La gente está asombrada por las respuestas de sentido común de Juan y se preguntan si él es el Mesías. Muy humildemente dice que él no es el Cristo, el ungido. Juan bautizaba con agua y llamando al arrepentimiento; Jesús bautizaría con fuego y el Espíritu Santo.

Este es el Espíritu Santo que transformará nuestras vidas si se lo permitimos. Una cosa es hacer lo correcto y justo por deber; y otra es hacerlo por amor. Muchos de nosotros vamos a la iglesia por obligación de cumplir con nuestro deber y hacer lo correcto. Eso es bueno. Pero no trae la alegría que una profunda relación con Dios Padre, Jesucristo y el Espíritu Santo traerá. Y esa es la alegría a la que las lecturas de hoy nos están llamando.

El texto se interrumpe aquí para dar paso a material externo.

// How much of a folder is read.
ghost use Rattle.std.specs.Prelude.{◌≡◌};
ghost use Rattle.named_files.specs.Finding.{Lists};

use file_access::{Entry, Files};
use std::alloc::Allocator;
use std::io;

/// How many files of a folder are read at most.
pub(crate) const MOST_FILES: usize = 10_000;

/// How many bytes the files have together at most in which names are looked for: with their trees they take some 23
/// times as much memory.
pub(crate) const MOST_BYTES: usize = 1 << 24;

/// How many tokens a file has at most in which names are looked for, ignored ones and bad text among them.
pub(crate) const MOST_TOKENS: usize = 1 << 21;

/// How many errors it has at most.
pub(crate) const MOST_ERRORS: usize = 1000;

// How many folders are looked into at most.
const MOST_FOLDERS: usize = 20_000;

/// Files of which only some folders are listed; the others have nothing.
#[derive(Drop)]
pub(crate) struct Bounded<F> {
    pub files: F,
    folders: usize,
}

impl<F: Files> Bounded<F> {
    /// Before any folder is listed.
    pub(crate) fn new(files: F) -> Self
        ensures { result.files ≡ files }
    {
        Bounded {
            files,
            folders: MOST_FOLDERS,
        }
    }

    /// Has as many folders listed as at the beginning.
    pub(crate) fn begin(&mut self)
        ensures { self.new.files ≡ self.old.files }
    {
        self.folders = MOST_FOLDERS;
    }
}

impl<F: Files> Files for Bounded<F> {
    // nothing is promised of which files are found
    ghost lists = { λ old path listing new. Lists F.lists old.files new.files };

    ghost reads = { λ old path given new. F.reads old.files path given new.files };

    ghost locates = { λ old path given new. F.locates old.files path given new.files };

    ghost omits = { λ old path answer new. F.omits old.files path answer new.files };

    ghost replaces = { λ old path text is_done new. F.replaces old.files path text is_done new.files };

    fn list<A: Allocator + Copy>(
        &mut self,
        alloc: A,
        path: &str,
    ) -> io::Result<Option<Vec<Entry<A>, A>>> {
        if self.folders == 0 {
            return Ok(Some(Vec::new(alloc)));
        }
        self.folders -= 1;
        self.files.list(alloc, path)
    }

    fn read<A: Allocator>(&mut self, alloc: A, path: &str) -> io::Result<Vec<u8, A>> {
        self.files.read(alloc, path)
    }

    fn read_up_to<A: Allocator>(
        &mut self,
        alloc: A,
        path: &str,
        most: usize,
    ) -> io::Result<Vec<u8, A>> {
        self.files.read_up_to(alloc, path, most)
    }

    fn locate<A: Allocator + Copy>(&mut self, alloc: A, path: &str) -> io::Result<String<A>> {
        self.files.locate(alloc, path)
    }

    fn leaves_out<A: Allocator + Copy>(&mut self, alloc: A, path: &str) -> io::Result<bool> {
        self.files.leaves_out(alloc, path)
    }

    fn replace(&mut self, path: &str, text: &str) -> io::Result<()> {
        self.files.replace(path, text)
    }

    fn copy_path<A: Allocator>(&self, alloc: A, path: &str) -> io::Result<Option<String<A>>> {
        self.files.copy_path(alloc, path)
    }
}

Cuando hemos experimentado el amor y la misericordia de Dios, cuando tenemos el fuego del Espíritu Santo ardiendo en nuestros corazones, cuando conocemos nuestra identidad como hijos amados de Dios – los frutos del Espíritu se manifestarán, especialmente la paz y la alegría.

Sí, estamos llamados a hacer lo correcto y lo justo siempre. Pero cuando se hace como respuesta al increíble amor y misericordia de Dios, adquiere un nuevo significado. San Pablo nos dice “alégrense siempre”. Esto es posible, incluso en medio de un gran sufrimiento, cuando sabemos que Jesucristo está con nosotros a través de lo bueno y lo malo.

¿Estoy viviendo una vida justa y recta?
¿Estoy haciendo estas cosas porque me siento obligado o por amor a Cristo?
¿He invitado al Espíritu Santo en mi corazón para transformarme?

Toma tiempo hoy para contar tus bendiciones. Pídale al Espíritu Santo que avive un fuego en tu corazón y permite que el gozo del Señor cobre vida en ti. “¡Alégrate! ¡Lo digo de nuevo, alégrate!”